Thanks for the reply.

I use my M1 macbook with a newer LG monitor and i have set up no custom profiles.  However, I have just installed Big Sur 11.2 and it has cleared up some bluetooth issues but I'm still waiting over 4 minutes to import (add)  455 files (16gb) ...well now LRC just crashed ( using LRC 10.1 with Rosetta. ) I was importing from the latest superfast external SSD drive from Samsung. (T7) !   

Would a custom profile assist in this issue?     As a work around I discovered  export from LR for the cloud nd use Bridge for library work.  I doubt Adobe has any motivation to optimize LRC for the M1 chip. as they see their future in the Cloud-based apps.

Cheers,
Brian

ps. loved my ride on the Red Funnel Ferry to Cowes


----------



## kimballistic (Feb 3, 2021)

BrianG_44 said:


> I doubt Adobe has any motivation to optimize LRC for the M1 chip. as they see their future in the Cloud-based apps.


Nope, they're actively working on it.  Straight from the mouth of a LR product manager:




from this discussion on reddit.

Edit: he even says the M1's GPU is already supported by all GPU-accelerated tasks and is the third fastest they've ever tested.

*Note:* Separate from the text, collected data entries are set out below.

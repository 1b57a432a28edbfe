//! Workers that draw games by their numbers, each game once and by one worker, and make an output of each.
#![tactic(auto)]

mod game_task;
mod starting;
mod workers;

pub use game_task::GameTask;
pub use workers::{run_workers, unit_states};
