//! Numbers that are found in turn.
use cq_common::NoMemory;
use cq_first::FirstBoard;
use std::alloc::Global;

// Finds 3 at the second of two seats. Returns true if the first sees at 4 that a number below was found, and the least number found.
fn seen_and_found(alloc: Global) -> Result<(bool, u64), NoMemory> {
    let (board, mut seats) = FirstBoard::make(alloc, 5, 2)?;
    let mut second = seats.pop().unwrap();
    let mut first = seats.pop().unwrap();
    board.lower(&mut second, 3);
    let seen = board.look(&mut first, 4);
    seats.push(first)?;
    seats.push(second)?;
    Ok((seen, board.close(seats)?))
}

// No clause says that a look sees a number that another seat found.
#[test]
fn a_seat_sees_what_another_found(rt: HostRuntime) -> Result<(), NoMemory> {
    let (seen, least) = seen_and_found(rt.alloc())?;
    assert!(rt; seen);
    assert!(rt; least == 3);
    Ok(())
}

Now, keep in mind LrC is not officially supported on the M1 under Rosetta 2 emulation.  You're unfortunately paying the price of being a (very) early adopter.  The good news: it'll only get better from here.


----------



## happycranker (Feb 4, 2021)

I have read another problem is that M1 can currently only output YUV color, rather than RGB. This means you currently cannot calibrate a monitor attached to M1 machines.  Monitors such as BenQ and Eizo do not as yet support this format.


----------